:: MATERIALS PROVIDED ::
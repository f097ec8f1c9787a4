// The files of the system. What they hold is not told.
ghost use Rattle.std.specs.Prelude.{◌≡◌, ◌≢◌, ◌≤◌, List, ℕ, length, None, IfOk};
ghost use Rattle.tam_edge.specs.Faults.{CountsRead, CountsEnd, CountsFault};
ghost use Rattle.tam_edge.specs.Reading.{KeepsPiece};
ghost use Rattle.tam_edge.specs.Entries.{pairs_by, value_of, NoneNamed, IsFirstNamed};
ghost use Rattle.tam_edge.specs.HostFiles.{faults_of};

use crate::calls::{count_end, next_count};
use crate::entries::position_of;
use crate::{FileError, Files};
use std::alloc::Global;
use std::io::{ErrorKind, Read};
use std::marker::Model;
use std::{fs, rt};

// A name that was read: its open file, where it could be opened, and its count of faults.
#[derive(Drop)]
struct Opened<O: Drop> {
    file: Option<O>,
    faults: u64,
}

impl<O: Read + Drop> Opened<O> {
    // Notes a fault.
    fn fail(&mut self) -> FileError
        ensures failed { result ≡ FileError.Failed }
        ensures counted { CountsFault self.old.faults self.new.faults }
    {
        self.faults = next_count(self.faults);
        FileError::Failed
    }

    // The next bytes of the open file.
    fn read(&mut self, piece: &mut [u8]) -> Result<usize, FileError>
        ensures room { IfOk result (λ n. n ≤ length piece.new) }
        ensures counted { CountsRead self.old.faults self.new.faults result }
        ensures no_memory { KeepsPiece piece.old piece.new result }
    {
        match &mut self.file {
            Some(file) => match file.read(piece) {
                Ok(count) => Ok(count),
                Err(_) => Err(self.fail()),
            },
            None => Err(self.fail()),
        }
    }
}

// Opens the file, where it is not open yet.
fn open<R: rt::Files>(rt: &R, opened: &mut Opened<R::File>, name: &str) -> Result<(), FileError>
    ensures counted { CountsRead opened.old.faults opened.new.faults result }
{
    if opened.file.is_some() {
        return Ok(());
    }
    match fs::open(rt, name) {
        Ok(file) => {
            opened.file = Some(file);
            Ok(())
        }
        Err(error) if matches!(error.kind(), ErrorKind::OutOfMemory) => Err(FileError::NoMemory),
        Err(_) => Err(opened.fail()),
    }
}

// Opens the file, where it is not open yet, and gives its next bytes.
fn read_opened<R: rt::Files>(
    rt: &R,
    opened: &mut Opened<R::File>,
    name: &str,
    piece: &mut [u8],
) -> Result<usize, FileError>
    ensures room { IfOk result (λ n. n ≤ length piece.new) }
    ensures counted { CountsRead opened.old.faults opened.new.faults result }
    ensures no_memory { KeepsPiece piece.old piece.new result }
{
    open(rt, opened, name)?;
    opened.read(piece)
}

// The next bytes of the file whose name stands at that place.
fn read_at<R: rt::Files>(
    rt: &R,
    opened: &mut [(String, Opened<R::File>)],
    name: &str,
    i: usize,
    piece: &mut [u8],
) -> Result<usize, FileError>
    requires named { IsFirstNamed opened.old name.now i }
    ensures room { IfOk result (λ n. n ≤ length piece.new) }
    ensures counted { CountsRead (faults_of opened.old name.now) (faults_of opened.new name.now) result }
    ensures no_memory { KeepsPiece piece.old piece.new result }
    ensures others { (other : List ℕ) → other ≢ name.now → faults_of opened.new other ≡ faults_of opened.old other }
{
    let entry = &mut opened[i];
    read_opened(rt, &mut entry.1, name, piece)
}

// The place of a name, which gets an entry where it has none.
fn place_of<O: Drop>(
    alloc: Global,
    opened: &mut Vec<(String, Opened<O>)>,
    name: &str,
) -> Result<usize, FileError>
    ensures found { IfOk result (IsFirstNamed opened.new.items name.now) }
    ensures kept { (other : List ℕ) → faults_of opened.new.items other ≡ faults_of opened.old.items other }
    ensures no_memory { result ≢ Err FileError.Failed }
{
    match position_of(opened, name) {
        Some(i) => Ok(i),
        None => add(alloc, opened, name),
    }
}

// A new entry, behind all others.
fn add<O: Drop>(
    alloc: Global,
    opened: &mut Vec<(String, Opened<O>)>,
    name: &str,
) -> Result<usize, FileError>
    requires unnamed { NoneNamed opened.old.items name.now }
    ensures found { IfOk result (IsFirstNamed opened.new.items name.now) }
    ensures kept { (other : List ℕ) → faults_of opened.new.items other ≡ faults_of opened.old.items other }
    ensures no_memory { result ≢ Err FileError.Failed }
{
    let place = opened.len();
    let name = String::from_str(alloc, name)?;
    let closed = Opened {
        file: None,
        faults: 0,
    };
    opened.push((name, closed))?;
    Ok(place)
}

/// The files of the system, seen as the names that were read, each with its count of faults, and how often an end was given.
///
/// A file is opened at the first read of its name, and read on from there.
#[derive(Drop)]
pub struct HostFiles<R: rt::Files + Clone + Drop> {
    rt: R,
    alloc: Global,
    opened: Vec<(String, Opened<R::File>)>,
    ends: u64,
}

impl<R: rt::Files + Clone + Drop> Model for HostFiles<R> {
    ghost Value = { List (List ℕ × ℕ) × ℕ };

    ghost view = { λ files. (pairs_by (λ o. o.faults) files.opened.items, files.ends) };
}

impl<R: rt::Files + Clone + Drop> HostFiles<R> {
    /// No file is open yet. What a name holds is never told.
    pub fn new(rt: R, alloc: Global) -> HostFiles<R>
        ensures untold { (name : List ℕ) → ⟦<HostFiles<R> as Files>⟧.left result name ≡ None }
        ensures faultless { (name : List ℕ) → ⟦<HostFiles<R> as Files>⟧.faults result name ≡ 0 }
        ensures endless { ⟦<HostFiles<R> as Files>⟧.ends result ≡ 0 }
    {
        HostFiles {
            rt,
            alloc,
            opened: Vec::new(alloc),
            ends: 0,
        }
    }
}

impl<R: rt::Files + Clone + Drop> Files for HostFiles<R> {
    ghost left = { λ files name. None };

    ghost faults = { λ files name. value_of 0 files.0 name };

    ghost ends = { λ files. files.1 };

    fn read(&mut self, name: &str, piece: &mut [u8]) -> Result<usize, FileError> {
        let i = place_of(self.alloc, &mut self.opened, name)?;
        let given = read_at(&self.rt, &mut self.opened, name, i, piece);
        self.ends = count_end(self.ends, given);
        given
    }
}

...

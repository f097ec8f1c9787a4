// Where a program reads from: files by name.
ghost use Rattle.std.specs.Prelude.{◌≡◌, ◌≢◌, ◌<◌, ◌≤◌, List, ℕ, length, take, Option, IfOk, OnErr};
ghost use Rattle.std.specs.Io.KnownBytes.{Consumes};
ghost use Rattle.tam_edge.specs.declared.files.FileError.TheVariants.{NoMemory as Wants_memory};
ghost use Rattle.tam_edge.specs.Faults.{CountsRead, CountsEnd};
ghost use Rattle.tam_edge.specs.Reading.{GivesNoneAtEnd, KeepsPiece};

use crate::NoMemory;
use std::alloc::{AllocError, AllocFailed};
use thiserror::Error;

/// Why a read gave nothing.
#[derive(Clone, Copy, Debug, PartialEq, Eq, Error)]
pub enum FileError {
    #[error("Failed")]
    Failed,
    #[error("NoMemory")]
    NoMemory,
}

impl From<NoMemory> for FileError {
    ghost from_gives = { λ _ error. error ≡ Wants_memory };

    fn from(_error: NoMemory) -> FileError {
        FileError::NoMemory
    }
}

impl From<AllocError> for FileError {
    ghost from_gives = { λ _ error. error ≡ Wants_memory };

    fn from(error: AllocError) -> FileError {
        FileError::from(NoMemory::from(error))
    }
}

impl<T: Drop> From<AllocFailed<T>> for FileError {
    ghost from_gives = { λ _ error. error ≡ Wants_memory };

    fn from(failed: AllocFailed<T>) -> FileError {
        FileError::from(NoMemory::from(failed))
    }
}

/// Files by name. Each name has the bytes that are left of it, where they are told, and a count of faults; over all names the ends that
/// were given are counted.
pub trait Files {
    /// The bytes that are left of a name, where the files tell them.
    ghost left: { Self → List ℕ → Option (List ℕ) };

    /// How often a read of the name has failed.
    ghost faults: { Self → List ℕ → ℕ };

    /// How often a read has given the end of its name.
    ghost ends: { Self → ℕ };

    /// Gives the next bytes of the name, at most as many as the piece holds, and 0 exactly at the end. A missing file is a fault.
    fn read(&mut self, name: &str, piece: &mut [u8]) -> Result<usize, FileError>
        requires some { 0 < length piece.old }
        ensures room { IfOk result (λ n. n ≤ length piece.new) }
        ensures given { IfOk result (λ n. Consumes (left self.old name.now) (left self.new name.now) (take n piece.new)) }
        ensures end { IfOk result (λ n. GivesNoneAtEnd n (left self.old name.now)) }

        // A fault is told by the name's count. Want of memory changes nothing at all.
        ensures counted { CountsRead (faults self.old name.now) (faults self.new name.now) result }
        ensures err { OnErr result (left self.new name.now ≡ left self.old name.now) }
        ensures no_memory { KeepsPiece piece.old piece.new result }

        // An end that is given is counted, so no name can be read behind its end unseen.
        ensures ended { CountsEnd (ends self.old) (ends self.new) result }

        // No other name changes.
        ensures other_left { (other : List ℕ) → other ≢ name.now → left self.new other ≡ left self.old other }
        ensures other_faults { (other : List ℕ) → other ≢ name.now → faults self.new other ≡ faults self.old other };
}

:: EXERCISE AIM ::
Only the lines above from the one with "opened.file = Some(file);" up to and including the one with "its next bytes." should be repeated, exactly as written.

:: WORKED SOLUTION ::
            opened.file = Some(file);
            Ok(())
        }
        Err(error) if matches!(error.kind(), ErrorKind::OutOfMemory) => Err(FileError::NoMemory),
        Err(_) => Err(opened.fail()),
    }
}

// Opens the file, where it is not open yet, and gives its next bytes.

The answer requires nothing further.